Yet it seems in principle; the First Amendment was drafted in such a way as to not prohibit individual states from maintaining freedom in making provisions toward religious establishments in their state constitutions and legislatures if they wanted to. Some believe the language of the “Establishment Clause” was deliberately ambiguous for this reason, although this is a matter of some speculation since we have no records of the congressional debates involving the evolution of the language in the First Amendment. However, subsequent history seems to favor the designed ambiguity. For example, Congregationalism remained the state sponsored denomination in New Hampshire until 1816, in Connecticut until 1819 and in Massachusetts until 1833 (even though it did not interfere with citizens who choose not to support Congregationalism with their taxes). Of course, Antifederalists and Jeffersonian Republicans like the Baptist minister John Leland believed that all states should disestablish their denominations like Virginia did. With this Madison agreed, but the First Amendment was obviously not interpreted that way by several states in the early Republic. Thus, the First Amendment appears to have been designed to please both Federalists and Antifederalists. In this regard, the Constitution and subsequent Bill of Rights was not necessarily what each of the Framers would have intended personally, but what they believed would be approved by the various state ratifying conventions. Thus, the ambiguity reflects the inevitable compromise that is necessary when seeking to meet the differing expectations of political constituencies.
Much of the modern debate over the “Establishment Clause” concerns a letter Thomas Jefferson wrote to the Danbury Baptist Association of Connecticut in 1802. In offering his personal interpretation of the “Establishment Clause”, Jefferson spoke of a “wall of separation between church and state.” In the course of concurrent politics and jurisprudence no one had ever used this phrase to speak of the First Amendment and it was largely forgotten until it was resurrected in Supreme Court cases in 1879 and later in 1947. In the latter case, concerning state funding for the busing of students to and from Catholic schools (Everson v. Board of Education), Justice Hugo Black used the phrase to strike down the practice as unconstitutional. He then added that the wall must be “high and impregnable” between church and state. Legal scholars and historians have criticized Black in what is referred to as “law office history.” In other words, legal research often cherry picks evidence to support a case and ignores contrary evidence. In the case of Everson, Black’s argument suggested that Americans were uniformly agreed that the government should stir entirely clear of any support of religion. He used the opinions of Madison and Jefferson and extrapolated from them a consensus among all Americans of the post-independence period of the early Republic. However, the notion of a strict separation was far from the consensus as already noted.

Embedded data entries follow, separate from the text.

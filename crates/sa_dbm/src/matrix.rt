ghost use Rattle.std.specs.Prelude.{◌≡◌, ◌≢◌, ℕ, ℤ, ◌+◌, ◌*◌, ◌^◌, ◌<◌, ◌≤◌, ◌≤ℤ◌, ◌-ℤ◌, ◌↔◌, ◌⊎◌, IfOk, IsTrue, unsigned_abs};
ghost use Rattle.sa_dbm.specs.Tables.{nodes, entry, IsMatrix, IsWithin, IsBelow, top_table, tightened, joined, is_below, forgotten, shifted};
ghost use Rattle.sa_dbm.specs.Walks.{walks, IsLeastTotal};
ghost use Rattle.sa_dbm.specs.Points.{Point, value, moved, with_value, LiesIn};
ghost use Rattle.sa_dbm.specs.Closed.{ClosesTo, KeepsPoints, IsClosed, LeavesClosed, LeavesTight, KeepsLimits};

use crate::closing::{self, Closing};
use crate::stored::NO_BOUND;
use crate::{OutOfMemory, entries, operations};
use std::alloc::Global;
use std::marker::Model;

/// An octagon: bounds on the differences of the nodes of 1 to 8 variables.
///
/// Variable k has node 2k for its value and node 2k + 1 for its negation. Entry (i, j) bounds node j minus node
/// i from above (A. Miné, The octagon abstract domain, 2006). Contracts see the number of variables and the
/// table of bounds, row by row.
#[derive(Debug, Drop)]
pub struct Matrix {
    vars: usize,
    bounds: Vec<i128>,
}

impl Model for Matrix {
    ghost use Rattle.sa_dbm.specs.Tables.{Table};
    ghost use Rattle.sa_dbm.specs.Stored.{stored, IsStored};

    ghost Value = { Table };

    ghost view = { λ m. stored m.vars m.bounds.items };

    ghost invariant = { λ m. IsStored m.vars m.bounds.items };
}

impl Matrix {
    /// The matrix of that many variables in which every point lies.
    pub fn top(alloc: Global, vars: usize) -> Result<Matrix, OutOfMemory>
        requires some { 1 ≤ vars }
        requires few { vars ≤ 8 }
        ensures value { IfOk result (λ m. m ≡ top_table vars) }
        ensures vars { IfOk result (λ m. m.vars ≡ vars) }
        ensures within { IfOk result (λ m. (limit : ℕ) → IsWithin limit m) }
    {
        let nodes = 2 * vars;
        let mut bounds = vec![in alloc; NO_BOUND; nodes * nodes]?;
        operations::make_top(&mut bounds, vars);
        Ok(Matrix { vars, bounds })
    }

    /// An equal matrix.
    pub fn copy(&self, alloc: Global) -> Result<Matrix, OutOfMemory>
        ensures { IfOk result (λ m. m ≡ self.now) }
    {
        Ok(Matrix {
            vars: self.vars,
            bounds: Vec::from_slice(alloc, &self.bounds)?,
        })
    }

    /// The bound of node `j` minus node `i`; `None` where there is none.
    pub fn bound(&self, i: usize, j: usize) -> Option<i128>
        requires row { i < nodes self.now }
        requires column { j < nodes self.now }
        ensures value { result ≡ entry self.now i j }
        ensures matrix { IsMatrix self.now }
    {
        let bound = self.bounds[i * (2 * self.vars) + j];
        if bound < NO_BOUND { Some(bound) } else { None }
    }

    /// Bounds node `j` minus node `i` by `c`: lowers the entry and its twin where `c` is lower.
    pub fn tighten(&mut self, i: usize, j: usize, c: i128)
        requires row { i < nodes self.old }
        requires column { j < nodes self.old }
        requires apart { i ≢ j }
        requires within { IsWithin (2 ^ 100) self.old }
        requires c { unsigned_abs c ≤ 2 ^ 100 }
        ensures value { self.new ≡ tightened self.old i j c }
        ensures vars { self.new.vars ≡ self.old.vars }
        ensures within { (limit : ℕ) → IsWithin limit self.old → unsigned_abs c ≤ limit → IsWithin limit self.new }

        // exactly the points stay that meet the bound
        ensures points { (p : Point) → LiesIn p self.new ↔ (LiesIn p self.old × ((value p j -ℤ value p i) ≤ℤ c)) }
    {
        operations::tighten(&mut self.bounds, self.vars, i, j, c);
    }

    /// Makes the matrix its closed form, or finds that no point lies in it.
    ///
    /// After `Empty` the matrix is of no further use: it then has no bounds.
    pub fn close(&mut self) -> Closing
        requires { IsWithin (2 ^ 100) self.old }
        ensures exact { ClosesTo self.old result self.new }

        // the totals that the closed form is made of are the least ones over walks of at most 16 arcs
        ensures walks { (i j : ℕ) → i < nodes self.old → j < nodes self.old → IsLeastTotal self.old 16 i j (entry (walks self.old 16) i j) }
        ensures points { KeepsPoints self.old result self.new }

        // what is left is closed, below what was there, and no lower bound would hold of all its points
        ensures closed { LeavesClosed self.old result self.new }
        ensures tight { LeavesTight result self.new }

        // no entry is above 2^105; and where each variable is bounded on both sides, the limit that came in is kept
        ensures limits { KeepsLimits self.old self.new }
        ensures vars { self.new.vars ≡ self.old.vars }
        ensures matrix { IsMatrix self.new }
    {
        closing::close(&mut self.bounds, self.vars)
    }

    /// What `tighten` and then `close` give of a closed matrix, in a time that grows with the square of the nodes alone.
    ///
    /// After `Empty` the matrix is of no further use: it then has no bounds.
    pub fn close_after(&mut self, i: usize, j: usize, c: i128) -> Closing
        requires closed { IsClosed self.old }
        requires row { i < nodes self.old }
        requires column { j < nodes self.old }
        requires apart { i ≢ j }
        requires within { IsWithin (2 ^ 100) self.old }
        requires c { unsigned_abs c ≤ 2 ^ 100 }
        ensures exact { ClosesTo (tightened self.old i j c) result self.new }
        ensures points { KeepsPoints (tightened self.old i j c) result self.new }
        ensures closed { LeavesClosed (tightened self.old i j c) result self.new }
        ensures tight { LeavesTight result self.new }
        ensures limits { KeepsLimits (tightened self.old i j c) self.new }
        ensures vars { self.new.vars ≡ self.old.vars }
        ensures matrix { IsMatrix self.new }
    {
        closing::close_after(&mut self.bounds, self.vars, i, j, c)
    }

    /// Raises each entry to that of `o`: the points of both lie in it.
    pub fn join_into(&mut self, o: &Matrix)
        requires { self.old.vars ≡ o.now.vars }
        ensures value { self.new ≡ joined self.old o.now }
        ensures vars { self.new.vars ≡ self.old.vars }
        ensures points { (p : Point) → LiesIn p self.old ⊎ LiesIn p o.now → LiesIn p self.new }
        ensures closed { IsClosed self.old → IsClosed o.now → IsClosed self.new }
        ensures within { (limit : ℕ) → IsWithin limit self.old → IsWithin limit o.now → IsWithin limit self.new }
    {
        entries::raise(&mut self.bounds, &o.bounds);
    }

    /// Whether each entry is at most that of `o`.
    pub fn le(&self, o: &Matrix) -> bool
        requires { self.now.vars ≡ o.now.vars }
        ensures test { result ≡ is_below self.now o.now }
        ensures fact { IsTrue result ↔ IsBelow self.now o.now }
    {
        entries::all_at_most(&self.bounds, &o.bounds)
    }

    /// Takes all bounds from a variable, but those of its nodes on themselves.
    pub fn forget(&mut self, var: usize)
        requires var { var < self.old.vars }
        requires within { IsWithin (2 ^ 100) self.old }
        ensures value { self.new ≡ forgotten self.old var }
        ensures vars { self.new.vars ≡ self.old.vars }
        ensures within { (limit : ℕ) → IsWithin limit self.old → IsWithin limit self.new }

        // the variable may have any value
        ensures points { (p : Point) (z : ℤ) → LiesIn p self.old → LiesIn (with_value p var z) self.new }
    {
        operations::forget(&mut self.bounds, self.vars, var);
    }

    /// Moves the points by `c` in one variable.
    pub fn shift(&mut self, var: usize, c: i128)
        requires var { var < self.old.vars }
        requires within { IsWithin (2 ^ 100) self.old }
        requires c { unsigned_abs c ≤ 2 ^ 100 }
        ensures value { self.new ≡ shifted self.old var c }
        ensures vars { self.new.vars ≡ self.old.vars }
        ensures within { (limit : ℕ) → IsWithin limit self.old → IsWithin (limit + (unsigned_abs c + unsigned_abs c)) self.new }
        ensures points { (p : Point) → LiesIn p self.old ↔ LiesIn (moved p var c) self.new }
    {
        operations::shift(&mut self.bounds, self.vars, var, c);
    }
}
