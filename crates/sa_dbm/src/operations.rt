//! Operations on stored tables.

ghost use Rattle.std.specs.Prelude.{◌≡◌, ◌≢◌, ℕ, ◌*◌, ◌^◌, ◌<◌, ◌≤◌, length, unsigned_abs};
ghost use Rattle.sa_dbm.specs.Tables.{IsWithin, top_table, tightened, forgotten, shifted};
ghost use Rattle.sa_dbm.specs.Stored.{stored};

use crate::entries::{add_at_node, clear, lower_at};
use crate::node::bar;
use crate::stored::NO_BOUND;

/// Leaves no bounds.
pub fn make_top(bounds: &mut [i128], vars: usize)
    requires few { vars ≤ 8 }
    requires square { length bounds.old ≡ 2 * vars * (2 * vars) }
    ensures { stored vars bounds.new ≡ top_table vars }
{
    clear(bounds, 2 * vars);
}

/// Lowers entry (i, j) and its twin to `c`, where that is lower.
pub fn tighten(bounds: &mut [i128], vars: usize, i: usize, j: usize, c: i128)
    requires few { vars ≤ 8 }
    requires square { length bounds.old ≡ 2 * vars * (2 * vars) }
    requires row { i < 2 * vars }
    requires column { j < 2 * vars }
    requires c { unsigned_abs c ≤ 2 ^ 100 }
    ensures { stored vars bounds.new ≡ tightened (stored vars bounds.old) i j c }
{
    let nodes = 2 * vars;
    lower_at(bounds, i * nodes + j, c);
    lower_at(bounds, bar(j) * nodes + bar(i), c);
}

/// Takes all bounds from one variable, but those of its nodes on themselves.
pub fn forget(bounds: &mut [i128], vars: usize, var: usize)
    requires few { vars ≤ 8 }
    requires square { length bounds.old ≡ 2 * vars * (2 * vars) }
    requires var { var < vars }
    requires within { IsWithin (2 ^ 100) (stored vars bounds.old) }
    ensures { stored vars bounds.new ≡ forgotten (stored vars bounds.old) var }
{
    let nodes = 2 * vars;
    add_at_node(bounds, nodes, 2 * var, NO_BOUND, NO_BOUND);
    add_at_node(bounds, nodes, 2 * var + 1, NO_BOUND, NO_BOUND);
}

/// Moves each entry as its difference moves when `c` is added to one variable.
pub fn shift(bounds: &mut [i128], vars: usize, var: usize, c: i128)
    requires few { vars ≤ 8 }
    requires square { length bounds.old ≡ 2 * vars * (2 * vars) }
    requires var { var < vars }
    requires within { IsWithin (2 ^ 100) (stored vars bounds.old) }
    requires c { unsigned_abs c ≤ 2 ^ 100 }
    ensures { stored vars bounds.new ≡ shifted (stored vars bounds.old) var c }
{
    let nodes = 2 * vars;
    add_at_node(bounds, nodes, 2 * var, -c, c);
    add_at_node(bounds, nodes, 2 * var + 1, c, -c);
}
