// The page call for a caller that has no table to lend, so that tests of it can be covered: one of eight blanks is lent, and a
// place of it is shown.
#![tactic(auto)]

ghost use Rattle.std.specs.Prelude.{◌≡◌};
ghost use Rattle.probe.specs.Probe.{returned_of, probe_of};

use answers::Refusal;
use halves::Share;
use place::Page;
use table::{Entry, Head};

// What `probe` answers: a page call's own answer, and one place of the table that was lent.
#[derive(Clone, Copy)]
pub struct Probed {
    pub answer: Result<Head, Refusal>,
    pub entry: Entry,
}

// A page call's answer, with the table that was lent to it.
#[derive(Clone, Copy)]
struct Returned {
    answer: Result<Head, Refusal>,
    table: [Entry; 8],
}

// What a place of `probe`'s table holds before the call: no page has a kind of 255.
const BLANK: Entry = Entry {
    kind: 255,
    pointer: 7,
    child: 7,
    payload_size: 7,
    row: 7,
    header_size: 7,
    columns: 7,
};

// The page call for a caller that has no table to lend: one of eight blanks is lent, and its place i is shown, blank where
// there is no such place. With plain parameters, so that tests of the page call can be covered.
#[tactic(auto, unfolding(crate::specs::Probe::probe_of))]
pub fn probe(db: &[u8], asked: Page, i: usize) -> Probed
    ensures { result ≡ probe_of i asked db.now }
{
    let returned = lend(db, asked, [BLANK; 8]);
    Probed {
        answer: returned.answer,
        entry: returned.table.get(i).copied().unwrap_or(BLANK),
    }
}

// Lends the table to the page call, and hands it back.
fn lend(db: &[u8], asked: Page, mut table: [Entry; 8]) -> Returned
    ensures { result ≡ returned_of asked db.now table }
{
    let answer = lent::page(db, asked, Share::Whole, &mut table);
    Returned { answer, table }
}
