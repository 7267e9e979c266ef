// Between lent signed numbers and lent remainders.
ghost use Rattle.std.specs.Prelude.{◌≡◌, map, ℕ, ◌^◌, ◌<◌, length, get_or, pos};
ghost use Rattle.residues.specs.Remainder.{residue, signed};

// Every number reduced to 0..q-1.
pub fn reduce_all(q: u32, from: &[i32], to: &mut [u32])
    requires { (0 < q) × (length to.old ≡ length from.now) }
    ensures { to.new ≡ map (residue q) from.now }
{
    for (i, &x) in from.iter().enumerate() {
        to[i] = residues::reduce(q, x);
    }
}

// Every remainder as it stands.
pub fn store_plain(from: &[u32], to: &mut [i32])
    requires { ((k : ℕ) → get_or from.now k 0 < 2 ^ 31) × (length to.old ≡ length from.now) }
    ensures { to.new ≡ map pos from.now }
{
    for (i, &x) in from.iter().enumerate() {
        to[i] = x.cast_signed();
    }
}

// Every remainder centred by q.
pub fn store_centred(q: u32, from: &[u32], to: &mut [i32])
    requires { (q < 2 ^ 31) × ((k : ℕ) → get_or from.now k 0 < q) × (length to.old ≡ length from.now) }
    ensures { to.new ≡ map (signed q) from.now }
{
    for (i, &x) in from.iter().enumerate() {
        to[i] = residues::centre(q, x);
    }
}
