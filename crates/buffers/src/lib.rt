// Copies and fills of lent memory. Each takes every length.
#![tactic(auto)]

pub mod convert;

ghost use Rattle.std.specs.Prelude.{◌≡◌, length, replicate};
ghost use Rattle.buffers.specs.Buffers.{overlay};

// This and `clear` stay beside the library's `copy_from_slice` and `fill`: docs/CONTRACTS.md promises their theorems.
// As many items of src as dst has room for; the rest of dst is kept.
pub fn copy<T: Copy>(dst: &mut [T], src: &[T])
    ensures { dst.new ≡ overlay src.now dst.old }
{
    let n = dst.len().min(src.len());
    dst[..n].copy_from_slice(&src[..n]);
}

// One item throughout.
pub fn clear<T: Copy>(dst: &mut [T], zero: T)
    ensures { dst.new ≡ replicate (length dst.old) zero }
{
    // `fill` was tried: that no clone fails cannot be shown of a T of which only `Copy` is known.
    for x in dst.iter_mut() {
        *x = zero;
    }
}
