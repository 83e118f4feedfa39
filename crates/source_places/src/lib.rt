//! The source file of a class, the line of each place of a code, and those of a program's method.
#![tactic(auto)]

pub mod methods;
pub mod tables;
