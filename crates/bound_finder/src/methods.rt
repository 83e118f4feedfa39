//! What is found of all methods that may run while one does.
ghost use Rattle.std.specs.Prelude.{◌≡◌, ◌<◌, ℕ, None, Some, [], length, replicate, All, IfOk, IfErr, OnOk};
ghost use Rattle.method_cache.specs.Regions.Region.{AreDistinct};
ghost use Rattle.section_check.specs.Least.{lesser_of};
ghost use Rattle.bound_finder.specs.Known.{unknown, bounds_in, ForEach, IsLimited};
ghost use Rattle.bound_finder.specs.Methods.{AddsMethod, AddsNext, AreMethodsFound, IsUnready};
ghost use Rattle.bound_finder.specs.Ready.{AreReady, IsWantOfMemory};

use super::found::{Found, examine};
use super::known::{Known, UNKNOWN};
use super::laws::ready_has_shape;
use super::task::Task;
use base::NoMemory;
use bound_rules::BoundRefusal;
use certificates::CertSection;
use std::alloc::Global;

/// What is known of each method, the least of those of which a number is too large, and the sections of those before it.
#[derive(Drop)]
pub struct Methods {
    pub table: Vec<Known>,
    pub least: Option<u32>,
    pub sections: Vec<CertSection>,
}

/// The lesser of two methods, or the one that there is.
pub fn lesser(a: Option<u32>, b: u32) -> u32
    ensures { Some result ≡ lesser_of a (Some b) }
{
    match a {
        Some(a) => a.min(b),
        None => b,
    }
}

/// Adds what is found of the method `m`.
fn add(all: &mut Methods, m: u32, found: Found) -> Result<(), NoMemory>
    requires { m < length all.old.table.items }
    ensures { OnOk result (AddsMethod m found all.old all.new) }
{
    let Found { known, section } = found;
    all.table[m as usize] = known;
    match section {
        Some(section) => all.sections.push(section)?,
        None => all.least = Some(lesser(all.least, m)),
    }
    Ok(())
}

/// Nothing is found yet, of so many methods.
fn none(alloc: Global, count: u32) -> Result<Methods, NoMemory>
    ensures { IfOk result (λ a. (a.table.items ≡ replicate count unknown) × (a.least ≡ None) × (a.sections.items ≡ [])) }
{
    let table = vec![in alloc; UNKNOWN; count as usize]?;
    Ok(Methods {
        table,
        least: None,
        sections: Vec::new(alloc),
    })
}

/// Finds the method `m`, and adds it.
fn find(alloc: Global, task: &Task<'_>, all: &mut Methods, m: u32) -> Result<(), BoundRefusal>
    requires method { m < length task.now.flow.methods }
    requires table { length all.old.table.items ≡ length task.now.flow.methods }
    requires limited { All IsLimited all.old.table.items }
    ensures found { OnOk result (AddsNext task.now m all.old all.new) }
    ensures cause { IfErr result (IsUnready task.now all.old.table.items m) }
{
    match examine(alloc, task, m, &all.table) {
        Ok(found) => match add(all, m, found) {
            Ok(()) => Ok(()),
            Err(NoMemory) => Err(BoundRefusal::NoMemory),
        },
        Err(fault) => Err(fault),
    }
}

/// What is found of these methods, each of which stands behind all that it may call.
pub fn examine_all(alloc: Global, task: &Task<'_>, order: &[u32]) -> Result<Methods, BoundRefusal>
    requires known { All (λ m. m < length task.now.flow.methods) order.now }
    requires distinct { AreDistinct order.now }
    ensures found { IfOk result (AreMethodsFound task.now order.now) }
    ensures cause { IfErr result (λ e. ForEach task.now (λ P. AreReady P (bounds_in task.now) order.now → IsWantOfMemory e)) }
{
    ready_has_shape();
    bound_rules::laws::one_more_meets();
    let Ok(mut all) = none(alloc, task.flow().method_count()) else {
        return Err(BoundRefusal::NoMemory);
    };
    for m in order {
        find(alloc, task, &mut all, *m)?;
    }
    Ok(all)
}
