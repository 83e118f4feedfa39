//! Laws of the definitions in `specs/`. The functions do nothing; a caller whose proof needs a law calls its function.

ghost use Rattle.bound_finder.specs.Laws.{AllAgree, CostsAreLimited, GraphsWhereTargetsEnd, KnownAreNumbers, ReadyHasShape};

/// The graph where just those calls go on of which a target can end is the live graph.
pub fn graphs_where_targets_end()
    ensures { GraphsWhereTargetsEnd }
{
    opcodes::laws::starts_follow_one_another();
    method_flow::laws::rows_are_of_their_kinds();
}

/// Costs with what is told of calls are those of the nodes of the live graph.
pub fn costs_are_limited()
    ensures { CostsAreLimited }
{
    opcodes::laws::starts_follow_one_another();
    method_flow::laws::rows_are_of_their_kinds();
}

/// Where all is ready, a live graph has a nest, and each of its loops a bound.
pub fn ready_has_shape()
    ensures { ReadyHasShape }
{
    compact_walks::laws::parts_are_sound();
    compact_walks::laws::graphs_are_moved();
    compact_walks::laws::ends_are_one();
    compact_walks::laws::moved_is_nest();
    bound_rules::laws::headers_are_instructions();
}

/// What is known of all methods agrees with each family of numbers, and is one where none is too large.
pub fn known_are_numbers()
    ensures agree { AllAgree }
    ensures known { KnownAreNumbers }
{}
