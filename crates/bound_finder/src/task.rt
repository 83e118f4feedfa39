//! What bounds are made of.
ghost use Rattle.method_flow.specs.Costs.{IsPrintedOf};

use bound_texts::loops::Bounds;
use method_flow::{FlowMethod, FlowProgram, Timing};
use micro_flow::{CostParams, greatest_invoke_cost};
use node_costs::greatest_load;
use std::marker::Model;

/// A program, the bounds of its loops and the timing of the machine, with the cycles that the dearest invoke takes at most and the
/// greatest load of all its methods, which are paid around each activation.
#[derive(Drop)]
pub struct Task<'a> {
    flow: &'a FlowProgram,
    bounds: &'a Bounds,
    timing: Timing,
    invoke: u64,
    greatest_load: u64,
}

impl<'a> Model for Task<'a> {
    ghost use Rattle.bound_finder.specs.Known.{BoundSetting, IsTask};

    ghost Value = { BoundSetting };

    ghost view = { λ a. record { flow = a.flow.now; bounds = a.bounds.now; timing = a.timing } };

    ghost invariant = { λ a. IsTask (record { flow = a.flow.now; bounds = a.bounds.now; timing = a.timing }) a.invoke a.greatest_load };
}

impl<'a> Task<'a> {
    ghost use Rattle.std.specs.Prelude.{◌≡◌, ◌≤◌, ◌<◌, length, Some, slice_get};
    ghost use Rattle.bound_finder.specs.Known.{ForEach, IsBoundSetting};

    /// The task of these parts.
    pub fn new(flow: &'a FlowProgram, bounds: &'a Bounds, timing: Timing) -> Self
        requires read { timing.read ≤ 63 }
        requires write { timing.write ≤ 63 }
        requires sizes { 0 < timing.block_words }
        ensures { result ≡ record { flow = flow.now; bounds = bounds.now; timing = timing } }
    {
        let invoke = greatest_invoke_cost(CostParams {
            r: timing.read,
            w: timing.write,
            pairs: 0,
            entries: 0,
        });
        Task {
            flow,
            bounds,
            timing,
            invoke,
            greatest_load: greatest_load(flow, timing.read),
        }
    }

    /// The program.
    pub fn flow(&self) -> &FlowProgram
        ensures { result.now ≡ self.now.flow }
    {
        self.flow
    }

    /// The bounds of its loops.
    pub fn bounds(&self) -> &Bounds
        ensures { result.now ≡ self.now.bounds }
    {
        self.bounds
    }

    /// The timing of the machine.
    pub fn timing(&self) -> Timing
        ensures timing { result ≡ self.now.timing }
        ensures form { IsBoundSetting self.now }
    {
        self.timing
    }

    /// The method of this number.
    pub fn method(&self, m: u32) -> &FlowMethod
        requires { m < length self.now.flow.methods }
        ensures { slice_get self.now.flow.methods m ≡ Some result.now }
    {
        self.flow.method(m)
    }

    /// What is printed of a method whose number with all loads is `full`: before it the dearest invoke, and after it the greatest load,
    /// of the method that control comes back to. A method that can't end has none.
    pub fn printed(&self, full: Option<u64>) -> Option<u128>
        ensures { ForEach self.now (λ P. IsPrintedOf P self.now.timing full result) }
    {
        match full {
            Some(full) => {
                Some(u128::from(self.invoke) + u128::from(full) + u128::from(self.greatest_load))
            }
            None => None,
        }
    }
}
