//! What is answered of all methods of an order, which share what is known of those that they call.
ghost use Rattle.std.specs.Prelude.{◌≡◌, ◌<◌, None, length, replicate, slice_index_or, All, IfOk};
ghost use Rattle.section_check.specs.Least.{IsLeast, lesser_of};
ghost use Rattle.bound_finder.specs.Ending.{AreKnownWithin, IsLargeWithin};
ghost use Rattle.bound_finder.specs.Known.{bounds_in, ForEach};
ghost use Rattle.bound_finder.specs.Sharing.{AreFoundFor, AreLeastCalled, AreLeastWithin, AreMethodBounds, IsBeside, IsBesideCalled, IsLargeAlone};

use super::ending::{MethodBound, method_bound};
use super::known::Known;
use super::methods::{Methods, lesser};
use super::task::Task;
use base::NoMemory;
use method_flow::{Call, FlowProgram};
use std::alloc::Global;

/// The lesser of two methods, as far as there are any.
fn lesser_of(a: Option<u32>, b: Option<u32>) -> Option<u32>
    ensures { result ≡ lesser_of a b }
{
    match b {
        Some(b) => Some(lesser(a, b)),
        None => a,
    }
}

/// The least method that stands beside one of these.
fn least_of(methods: &[u32], least: &[Option<u32>]) -> Option<u32>
    requires { All (λ m. m < length least.now) methods.now }
    ensures { IsLeast (IsBeside least.now methods.now) result }
{
    let mut found = None;
    for m in methods {
        found = lesser_of(found, least[*m as usize]);
    }
    found
}

/// The least that stands beside a method that one of these calls may run.
fn least_called(f: &FlowProgram, calls: &[Call], least: &[Option<u32>]) -> Option<u32>
    requires lists { All (λ c. c.targets < length f.now.targets) calls.now }
    requires long { length least.now ≡ length f.now.methods }
    ensures { IsLeast (IsBesideCalled f.now calls.now least.now) result }
{
    let mut found = None;
    for call in calls {
        found = lesser_of(found, least_of(f.targets(*call), least));
    }
    found
}

/// The method `m`, where a number of it is too large.
fn large_alone(m: u32, too_large: bool) -> Option<u32>
    ensures { IsLeast (IsLargeAlone m too_large) result }
{
    if too_large { Some(m) } else { None }
}

/// The least of `m` and all that may run while it does of which a number is too large, where it stands beside all that `m` may call.
fn least_within(task: &Task<'_>, m: u32, table: &[Known], least: &[Option<u32>]) -> Option<u32>
    requires method { m < length task.now.flow.methods }
    requires known { length table.now ≡ length task.now.flow.methods }
    requires long { length least.now ≡ length task.now.flow.methods }
    ensures { ForEach task.now (λ P. AreLeastCalled P table.now m least.now → IsLeast (IsLargeWithin P table.now m) result) }
{
    opcodes::laws::starts_follow_one_another();
    method_flow::laws::rows_are_of_their_kinds();
    // Its clause is for the proof alone.
    let _ = task.flow().method_count();
    let called = least_called(task.flow(), task.method(m).calls(), least);
    lesser_of(called, large_alone(m, table[m as usize].too_large))
}

/// None stands beside any of so many methods.
fn none(alloc: Global, count: u32) -> Result<Vec<Option<u32>>, NoMemory>
    ensures { IfOk result (λ v. v.items ≡ replicate count None) }
{
    Ok(vec![in alloc; None; count as usize]?)
}

/// Beside each method of the order, each of which stands behind all that it may call, the least that may run while it does of
/// which a number is too large.
fn least_of_all(
    alloc: Global,
    task: &Task<'_>,
    order: &[u32],
    table: &[Known],
) -> Result<Vec<Option<u32>>, NoMemory>
    requires known { All (λ m. m < length task.now.flow.methods) order.now }
    requires long { length table.now ≡ length task.now.flow.methods }
    ensures { IfOk result (λ v. AreLeastWithin task.now order.now table.now v.items) }
{
    let mut least = none(alloc, task.flow().method_count())?;
    for m in order {
        let found = least_within(task, *m, table, &least);
        least[*m as usize] = found;
    }
    Ok(least)
}

/// What is answered of each method of the order, beside which the least stands of which a number is too large.
fn bounds(
    alloc: Global,
    task: &Task<'_>,
    order: &[u32],
    table: &[Known],
    least: &[Option<u32>],
) -> Result<Vec<MethodBound>, NoMemory>
    requires known { All (λ m. m < length table.now) order.now }
    requires long { length least.now ≡ length table.now }
    requires within { All (λ m. ForEach task.now (λ P. AreKnownWithin P task.now.timing (bounds_in task.now) table.now
        (slice_index_or least.now m None) m)) order.now }
    ensures { IfOk result (λ bounds. AreMethodBounds task.now order.now bounds.items) }
{
    let mut bounds = Vec::new(alloc);
    for m in order {
        bounds.push(method_bound(task, table, least[*m as usize], *m))?;
    }
    Ok(bounds)
}

/// What is answered of each method of the order, once all are found.
pub fn shared(
    alloc: Global,
    task: &Task<'_>,
    order: &[u32],
    found: &Methods,
) -> Result<Vec<MethodBound>, NoMemory>
    requires known { All (λ m. m < length task.now.flow.methods) order.now }
    requires found { AreFoundFor task.now order.now found.now }
    ensures { IfOk result (λ bounds. AreMethodBounds task.now order.now bounds.items) }
{
    bound_rules::laws::one_more_meets();
    let table = found.table.as_slice();
    let least = least_of_all(alloc, task, order, table)?;
    bounds(alloc, task, order, table, &least)
}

Upon examination of a draft of the Danbury letter in 1998 by the FBI, new evidence suggests the motive of Jefferson for writing the “separation” phrase. A portion of the draft was blacked out at the suggestion of Jefferson’s Attorney General. That portion was uncovered in the FBI investigation and indicates that Jefferson understood his comment, “wall of separation,” to have a narrow meaning restricted to himself and the presidency. The newly revealed portion reads in part, “performances of devotion [can be] practiced indeed legally by the Executive of another nation as the legal head of a national church… the duties of my station are merely temporal.” In making this statement, Jefferson was alluding to a long-standing Western tradition among heads of state as having a dual function, one spiritual and one temporal (i.e., political). In other words, his function was divided between that of a priestly one (i.e., sacerdotium) and a kingly one (i.e., regnum). This was the way the monarchs of England functioned because they were the head of the spiritual affairs of the Church of England as well as the temporal affairs of the state. The new government of the United States clearly rejected this notion. Thus, Jefferson was distinguishing between what he believed was the role of the traditional English monarch and the presidency of the United States. In his mind, the president had no responsibilities to support or direct the church. This is why he refused to make religious proclamations like fast days and thanksgiving days as did his 2 predecessors Washington and Adams. However, he never felt prohibited from attending church services throughout his presidency held in the House chambers. But this did not engage him in any leadership capacity as the president. Thus, it appears that Jefferson understood the idea of separation of church and state to refer to the duties of the president and presumably his administration. The responsibilities of leadership for the president were strictly temporal (i.e., political) and the responsibilities of leadership for the church are left to others. No doubt in Jefferson’s mind, this latter duty was relegated exclusively to the clergy.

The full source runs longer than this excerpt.